Franz Mülhaus -Franz el Rojo, el notorio terrorista anarquista cuyo pálido rostro había contemplado a los atemorizados habitantes de Alemania Occidental desde los carteles de criminales buscados por la policía desde Kiel hasta Munich- cayó de rodillas, con los brazos colgando a los costados, la Makarov automática floja en su mano semiabierta, y su cabeza apoyada en el pecho manchado de sangre.
Mientras moría pudo ver apenas, en los bordes de su visión cada vez menos nítida, el rostro pálido, con los ojos muy abiertos y la boca en un grito mudo, de su hijo. De alguna manera, Franz el Rojo encontró el aliento para emitir una sola palabra, lanzada al mundo con su última y explosiva exhalación.
– Verräter…
Traidores.
Lunes 15 de agosto de 2005, tres días antes del primer asesinato
List, isla de Sylt, 200 kilómetros al noroeste de Hamburgo
Quería conservar ese momento.
Sus sentidos se extendieron hasta el último rincón de la tierra, el mar y el cielo que lo rodeaban.

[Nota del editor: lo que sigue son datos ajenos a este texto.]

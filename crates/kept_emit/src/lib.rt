// A set operation on two tries in the second form, written where there is room for it apart from both.
#![tactic(auto)]

pub mod combining;
pub mod emitting;
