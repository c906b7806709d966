// The file that a row quotes: its bytes in hexadecimal.

// The longest that a row quotes has less.
pub const ROOM: usize = 192;

// How far the row is read: whether in the quotes, how many digits, and the last two of them.
#[derive(Clone, Copy)]
struct Digits {
    inside: bool,
    count: usize,
    last: u8,
}

fn with(d: Digits, c: u8) -> Digits {
    let mut d = d;
    if c == b'"' {
        d.inside = !d.inside;
        return d;
    }
    if !d.inside || c <= b' ' {
        return d;
    }
    let digit = if c < b'a' { c % 16 } else { c % 16 + 9 };
    d.last = d.last % 16 * 16 + digit % 16;
    d.count = std::num::wrapping_add_usize(d.count, 1);
    d
}

// Puts the bytes into the buffer and answers how many there are. Each is written with its first digit, and again with both.
pub fn quoted(row: &[u8], bytes: &mut [u8; ROOM]) -> usize {
    let mut d = Digits {
        inside: false,
        count: 0,
        last: 0,
    };
    for &c in row {
        let k = d.count / 2 % ROOM;
        d = with(d, c);
        bytes[k] = d.last;
    }
    d.count / 2
}
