// Runs set files made by hand from the scope document through save, load and salvage: the rows of its input, each against what it must answer.
#![tactic(auto)]

use std::io;
use test_counts::table::Row;
use test_counts::{Tally, table};
use tool_files::read_full;

mod files;
mod rows;
mod salvaging;

// A row, with the file that it quotes.
fn case(rt: &impl Print, t: Tally, pool: &mut [u32; rows::WORDS], row: Row) -> Tally {
    let mut bytes = [0u8; files::ROOM];
    let n = files::quoted(row.whole, &mut bytes);
    rows::run(rt, t, pool, row.call, row.must, &bytes, n)
}

fn run(rt: &impl Print, text: &[u8]) -> Tally {
    let mut pool = [0u32; rows::WORDS];
    table::run(text, |t, row| case(rt, t, &mut pool, row))
}

// The most bytes of the input.
const INPUT: usize = 65536;

fn main(rt: HostRuntime) -> io::Result<()> {
    let mut text = [0u8; INPUT];
    let n = read_full(&mut rt.stdin(), &mut text)?;
    test_counts::say(&rt, run(&rt, &text[..n]))
}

Se quedó de pie, descalzo, y sintió la textura de la arena seca que escoriaba las plantas de sus pies y se le colaba entre los dedos. Sintió que ese lugar, ese momento, era todo lo que podía recordar de sí mismo. Aquí, pensó, no había pasado ni futuro, tan sólo este momento perfecto. Sylt se extendía larga, estrecha y llana en el Mar del Norte, sin presentar ningún perfil que dificultara el empuje del viento veloz que corría por el vasto cielo, en busca del flanco más sustancioso de Dinamarca. Mientras él seguía allí de pie, el viento protestó por su presencia tironeando con furia de la tela de sus pantalones, golpeando los faldones sueltos y el cuello de su camisa y haciendo flamear el ala rota de pelo rubio que colgaba por encima de su frente. Le restregó la cara y le apretó las arrugas de la piel mientras él seguía observando el correteo de las nubes a través de ese escudo inmenso y azul pálido del cielo.

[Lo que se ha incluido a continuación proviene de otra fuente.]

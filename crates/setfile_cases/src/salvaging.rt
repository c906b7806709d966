// Rows of wrecked files: so many bytes of what the row quotes are the file, and the others the right file of what is left of it.
use crate::files::ROOM;
use crate::rows::begins;
use nets::Refusal;
use salvage::Counts;
use test_counts::Tally;
use test_counts::calls::{letter, refuses, taken, tell};

// The counts that the row must get: read, trimmed, dropped for their length, dropped as covered; and the bytes.
fn counts(a: Result<Counts, Refusal>, must: &[u8], bytes: usize) -> bool {
    let Ok(c) = a else {
        return false;
    };
    let first = c.read == taken(must, 0) && c.trimmed == taken(must, 1);
    let second = c.long == taken(must, 2) && c.covered == taken(must, 3);
    first && second && c.bytes as usize == bytes
}

// Salvages into the first bytes of the buffer.
fn salvage_to(file: &[u8], out: &mut [u8], room: usize) -> Result<Counts, Refusal> {
    if out.len() < room {
        return Err(Refusal::BadSetup);
    }
    salvage::salvage(file, &mut out[0..room])
}

// Refused with this number, in so many bytes of the output, of which none changes.
fn denied(
    rt: &impl Print,
    t: Tally,
    row: &[u8],
    must: &[u8],
    file: &[u8],
    room: usize,
    no: u32,
) -> Tally {
    let was = [165u8; ROOM];
    let mut out = [165u8; ROOM];
    let a = salvage_to(file, &mut out, room);
    let t = tell(rt, t, row, must, refuses(a, no));
    tell(rt, t, row, must, out == was)
}

// Granted in so many bytes of the output, which begins with the right file and is behind it as it was.
fn granted(
    rt: &impl Print,
    t: Tally,
    row: &[u8],
    must: &[u8],
    file: &[u8],
    room: usize,
    right: &[u8],
) -> Tally {
    let was = [165u8; ROOM];
    let mut out = [165u8; ROOM];
    let a = salvage_to(file, &mut out, room);
    let t = tell(rt, t, row, must, counts(a, must, right.len()));
    tell(rt, t, row, must, begins(&out, right, &was))
}

// The file in all of the output, in just enough of it, and in one byte less.
fn judged(rt: &impl Print, t: Tally, row: &[u8], must: &[u8], file: &[u8], right: &[u8]) -> Tally {
    if letter(must) == b'r' {
        return denied(rt, t, row, must, file, ROOM, taken(must, 1));
    }
    let t = granted(rt, t, row, must, file, ROOM, right);
    let t = granted(rt, t, row, must, file, right.len(), right);
    if right.len() == 0 {
        return t;
    }
    denied(rt, t, row, must, file, right.len() - 1, 11)
}

// A row of a wrecked file.
pub fn mend(rt: &impl Print, t: Tally, row: &[u8], must: &[u8], bytes: &[u8]) -> Tally {
    let n = taken(row, 1) as usize;
    if bytes.len() < n {
        return tell(rt, t, row, must, false);
    }
    judged(rt, t, row, must, &bytes[0..n], &bytes[n..])
}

Jan Fabel era un hombre de una altura un poco superior al promedio y tenía alrededor de cuarenta años, pero un aspecto un tanto juvenil se aferraba como un desterrado desobediente a su apariencia, a su complexión delgada y angulosa y a su pelo rubio y flameante. Sus ojos eran azul pálido y brillaban con inteligencia e ingenio, pero en ese momento estaban reducidos a estrechas ranuras entre los pliegues de la cara arrugada que presentaba al iracundo viento. Su rostro estaba bronceado y sin afeitar, y así como ese persistente aire juvenil de su postura insinuaba cómo había sido el joven que lo había precedido, el brillo plateado que resplandecía en el oro de su barba de tres días anticipaba al hombre más viejo que estaba por llegar.

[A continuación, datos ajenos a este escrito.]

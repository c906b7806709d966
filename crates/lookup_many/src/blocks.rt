// Queries answered in blocks of up to 32, in the first form: their walks begin at the root, go down side by side, and end one after another.
ghost use Rattle.std.specs.Prelude.{true, ◌≡◌, ◌+◌, ◌/◌, ◌≤◌, ◌<◌, length, get_or};
ghost use Rattle.nodes.specs.Words.{put};
ghost use Rattle.pool_state.specs.Decode.{is_header};
ghost use Rattle.lookup.specs.Rules.{query};
ghost use Rattle.lookup_many.specs.Rules.{query_at, asked, asked_of};
ghost use Rattle.trie_index.specs.Index.{fill};
ghost use Rattle.trie_lanes.specs.Lanes.{Wide, Goes, Live};
ghost use Rattle.lookup_many.specs.Lanes.{clipped, first_of, lane_of, Started, Came, Ending, place_in, Seat, Fits};

use crate::asking::{number_of, query_at};
use lookup::walking::query;
use nets::{Net, PrefixBits, Refusal};
use pool_header::{FORM, HEAD, NODES, RECORD, SETS, TAG};
use trie_index::turn;
use trie_lanes::{LANES, Lane, NUMBERS, descend, keep, lane_at, of_word};
use trie_lookup::{Shown, walk_down};

// How many of so many bits are in the first word.
fn first(len: u8) -> u8
    ensures { result ≡ first_of len }
{
    if len < 64 { len } else { 64 }
}

// A walk at the place p with all bits of the network to come; of what is no network, none.
fn lane(p: usize, net: Net) -> Lane
    ensures { result ≡ lane_of p net }
{
    let q = net.prefix_bits();
    match q {
        Ok(bits) => Lane {
            p,
            word: bits.hi,
            left: first(bits.len),
        },
        Err(_) => Lane {
            p,
            word: 0,
            left: 0,
        },
    }
}

// The walks of e queries from number i on, at their beginning; all of them go on.
fn start(
    queries: &[u64],
    i: usize,
    e: usize,
    family: u8,
    p: usize,
    lanes: &mut [u64; NUMBERS],
    live: &mut [usize; LANES],
)
    requires { (i + e ≤ length queries.now / 3) × (e ≤ 32) × Wide lanes.old × (length live.old ≡ 32) }
    ensures { Started p family queries.now i e lanes.new × Live e e live.new }
{
    for a in 0..e {
        let l = lane(p, query_at(queries, i + a, family));
        keep(lanes, a, l);
        live[a] = a;
    }
}

// What is shown to a query of these bits whose walk has come to l. A leaf is a member. Where the first word ends, the walk goes on alone by the second. Where both
// children's numbers are nodes' and none is on the side of the bit, there is nothing. Otherwise every test is made, from the root on.
fn shown(w: &[u32], b: usize, n: u32, set: u32, net: Net, bits: PrefixBits, l: Lane) -> Shown
    requires { Seat w.now b n set net.family × Ending w.now b n set net bits l }
    ensures { result ≡ query w.now set net }
{
    let p = l.p;
    let x = w[p];
    let f = first(bits.len);
    let d = f - l.left;
    if x == 0 {
        return Shown::Member(d, d + 1);
    }
    let next = of_word(l.word, l.left).next();
    match next {
        None => walk_down(
            w,
            b,
            n,
            (p + 1 - b) as u32,
            bits.len,
            of_word(bits.lo, bits.len - f),
        ),
        Some((bit, _)) => {
            if b + (n as usize - 1) <= p + (x / 2) as usize {
                return query(w, set, net);
            }
            if turn(bit, x) == 0 {
                return Shown::Nothing(d + 1);
            }
            query(w, set, net)
        }
    }
}

// The answer to a query whose walk has come to l.
fn end(w: &[u32], b: usize, n: u32, set: u32, net: Net, l: Lane) -> u64
    requires { Seat w.now b n set net.family × Goes w.now b n (lane_of (place_in w.now b set) net) l }
    ensures { result ≡ asked w.now set net }
{
    let q = net.prefix_bits();
    match q {
        Ok(bits) => {
            let s = shown(w, b, n, set, net, bits, l);
            number_of(net, s)
        }
        Err(_) => number_of(net, Shown::Refused(Refusal::BadNetwork)),
    }
}

// Writes the answer to query i, whose walk has come to l.
fn end_at(
    w: &[u32],
    b: usize,
    n: u32,
    set: u32,
    family: u8,
    queries: &[u64],
    i: usize,
    l: Lane,
    answers: &mut [u64],
)
    requires { Seat w.now b n set family × Fits queries.now i 1 answers.old × Goes w.now b n (lane_of (place_in w.now b set) (clipped (query_at family queries.now i))) l }
    ensures { answers.new ≡ put answers.old i (fill (asked_of w.now set family queries.now) i 1) }
{
    let net = query_at(queries, i, family);
    answers[i] = end(w, b, n, set, net, l);
}

// Writes the answers to e queries from number i on, whose walks have come to where the row says.
fn end_all(
    w: &[u32],
    b: usize,
    n: u32,
    set: u32,
    family: u8,
    queries: &[u64],
    i: usize,
    lanes: &[u64; NUMBERS],
    e: usize,
    answers: &mut [u64],
)
    requires { Seat w.now b n set family × Fits queries.now i e answers.old × Came w.now b n (place_in w.now b set) family queries.now i e lanes.now }
    ensures { answers.new ≡ put answers.old i (fill (asked_of w.now set family queries.now) i e) }
{
    for a in 0..e {
        let l = lane_at(lanes, a);
        end_at(w, b, n, set, family, queries, i + a, l, answers);
    }
}

// Answers e queries from number i on.
fn block(
    w: &[u32],
    b: usize,
    n: u32,
    set: u32,
    family: u8,
    queries: &[u64],
    i: usize,
    e: usize,
    answers: &mut [u64],
)
    requires { Seat w.now b n set family × Fits queries.now i e answers.old × (e ≤ 32) }
    ensures { answers.new ≡ put answers.old i (fill (asked_of w.now set family queries.now) i e) }
{
    let root = w[HEAD + RECORD * (set as usize)];
    let p = b + (root as usize - 1);
    let mut lanes = [0u64; NUMBERS];
    let mut live = [0usize; LANES];
    start(queries, i, e, family, p, &mut lanes, &mut live);
    descend(w, b, n, &mut lanes, e, &mut live);
    end_all(w, b, n, set, family, queries, i, &lanes, e, answers);
}

// Answers all queries and says how many those were: none in the second form, where the set is indexed, or the root's number is no node's.
pub fn by_blocks(w: &[u32], set: u32, family: u8, queries: &[u64], answers: &mut [u64]) -> usize
    requires { (is_header w.now ≡ true) × (set < get_or w.now 2 0) × (family ≡ get_or w.now 1 0) × (length queries.now / 3 ≤ length answers.old) }
    ensures { (result ≤ length queries.now / 3) × (answers.new ≡ put answers.old 0 (fill (asked_of w.now set family queries.now) 0 result)) }
{
    let b = HEAD + RECORD * (w[SETS] as usize);
    let n = w[NODES];
    let root = w[HEAD + RECORD * (set as usize)];
    let tag = w[HEAD + RECORD * (set as usize) + TAG];
    let mut i = 0;
    if w[FORM] != 0 {
        return 0;
    }
    if tag != 0 {
        return 0;
    }
    if root == 0 {
        return 0;
    }
    if n < root {
        return 0;
    }
    while i < queries.len() / 3 {
        let e = (queries.len() / 3 - i).min(LANES);
        block(w, b, n, set, family, queries, i, e, answers);
        i += e;
    }
    i
}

Una mujer se acercó desde las dunas que estaban a su espalda; era tan alta como él, e iba vestida con camisa y pantalones de lino blanco. Sus pies estaban descalzos, pero llevaba un par de sandalias negras de tacón bajo en la mano. El viento también se arremolinó alrededor de ella, planchando y alisando el lino blanco contra las curvas de su cuerpo y convirtiendo en cables salvajes su pelo largo y negro. Fabel no vio a Susanne acercarse y ella se detuvo detrás de él, dejó caer las sandalias en la arena y le rodeó el cuerpo con los brazos, metiéndoselos entre los suyos. El se volvió y la besó durante un largo rato, antes de que ambos giraran para enfrentarse al mar. -Estaba pensando -dijo él por fin- que casi podrías olvidar quién eres, aquí parado. -Miró sus pies desnudos y empujó la arena con un dedo-. Ha sido maravilloso. Me alegro tanto de que vinieras conmigo… Sólo querría que no tuviéramos que marcharnos mañana.